=== Problem to solve ===
All entries should be copied exactly, none left out.

=== Given entries ===
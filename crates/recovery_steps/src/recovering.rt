// The steps of a recovery, by what is left of it.
ghost use Rattle.std.specs.Prelude.{◌≡◌, Ok};
ghost use Rattle.line_store.specs.Seats.{IsMember};
ghost use Rattle.line_store.specs.Sights.{Steps, stepped_to, MayAnswer, IsLess};
ghost use Rattle.line_store.specs.declared.answers.Stepped.TheVariants as stepped;
ghost use Rattle.store_endings.specs.disk_store.declared.member.MemberStage.TheVariants as stage;
ghost use Rattle.store_endings.specs.disk_store.Grown.{Grow};
ghost use Rattle.store_endings.specs.disk_store.OwnFiles.{WritesOwn};
ghost use Rattle.store_endings.specs.disk_store.Seats.{stand_at, IsAtStage};
ghost use Rattle.store_endings.specs.disk_store.Shown.{DoesOn, sight_of};

use crate::judge;
use line_store::{Fault, Stepped};
use rdb_outside::Disk;
use rdb_types::Session;
use store_endings::{Held, Recovery, bury, put_back, restore};

/// A step of the recovery of a session that died: one write or one barrier at most, and no memory.
pub fn recover<D: Disk>(
    disk: &mut D,
    held: &mut Held,
    s: Session,
    commits: bool,
    recovery: Recovery,
) -> Result<Stepped, Fault>
    requires member { IsMember s.number }
    requires died { IsAtStage held.old.members s.number (stage.Dead commits recovery) }
    ensures answers { MayAnswer (stand_at held.old.members s.number) result }
    ensures comes { DoesOn s.number (stepped_to (stand_at held.old.members s.number) result)
        (Steps s.number result) (D.view disk.old) held.old (D.view disk.new) held.new }
    ensures less { result ≡ Ok stepped.More → IsLess s.number (sight_of (D.view disk.old) held.old) (sight_of (D.view disk.new) held.new) }

    // One slot at most is written, of the database's own files.
    ensures writes { WritesOwn (D.view disk.old) (D.view disk.new) }

    // Pages of areas stay theirs, of their classes.
    ensures grows { Grow held.old.tables held.new.tables }
{
    match recovery {
        Recovery::Ending => bury(disk, held, s),
        Recovery::Judging => judge(disk, held, s, commits),
        Recovery::Undoing { left } => put_back(disk, held, s, commits, left),
        Recovery::Restoring => restore(disk, held, s, commits),
    }
}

=== Response to the task ===
filename crates/recovery_steps/src/recovering.rt
// The steps of a recovery, by what is left of it.
ghost use Rattle.std.specs.Prelude.{◌≡◌, Ok};
ghost use Rattle.line_store.specs.Seats.{IsMember};
ghost use Rattle.line_store.specs.Sights.{Steps, stepped_to, MayAnswer, IsLess};
ghost use Rattle.line_store.specs.declared.answers.Stepped.TheVariants as stepped;
ghost use Rattle.store_endings.specs.disk_store.declared.member.MemberStage.TheVariants as stage;
ghost use Rattle.store_endings.specs.disk_store.Grown.{Grow};
ghost use Rattle.store_endings.specs.disk_store.OwnFiles.{WritesOwn};
ghost use Rattle.store_endings.specs.disk_store.Seats.{stand_at, IsAtStage};
ghost use Rattle.store_endings.specs.disk_store.Shown.{DoesOn, sight_of};

use crate::judge;
use line_store::{Fault, Stepped};
use rdb_outside::Disk;
use rdb_types::Session;
use store_endings::{Held, Recovery, bury, put_back, restore};

/// A step of the recovery of a session that died: one write or one barrier at most, and no memory.
pub fn recover<D: Disk>(
    disk: &mut D,
    held: &mut Held,
    s: Session,
    commits: bool,
    recovery: Recovery,
) -> Result<Stepped, Fault>
    requires member { IsMember s.number }
    requires died { IsAtStage held.old.members s.number (stage.Dead commits recovery) }
    ensures answers { MayAnswer (stand_at held.old.members s.number) result }
    ensures comes { DoesOn s.number (stepped_to (stand_at held.old.members s.number) result)
        (Steps s.number result) (D.view disk.old) held.old (D.view disk.new) held.new }
    ensures less { result ≡ Ok stepped.More → IsLess s.number (sight_of (D.view disk.old) held.old) (sight_of (D.view disk.new) held.new) }

    // One slot at most is written, of the database's own files.
    ensures writes { WritesOwn (D.view disk.old) (D.view disk.new) }

    // Pages of areas stay theirs, of their classes.
    ensures grows { Grow held.old.tables held.new.tables }
{
    match recovery {
        Recovery::Ending => bury(disk, held, s),
        Recovery::Judging => judge(disk, held, s, commits),
        Recovery::Undoing { left } => put_back(disk, held, s, commits, left),
        Recovery::Restoring => restore(disk, held, s, commits),
    }
}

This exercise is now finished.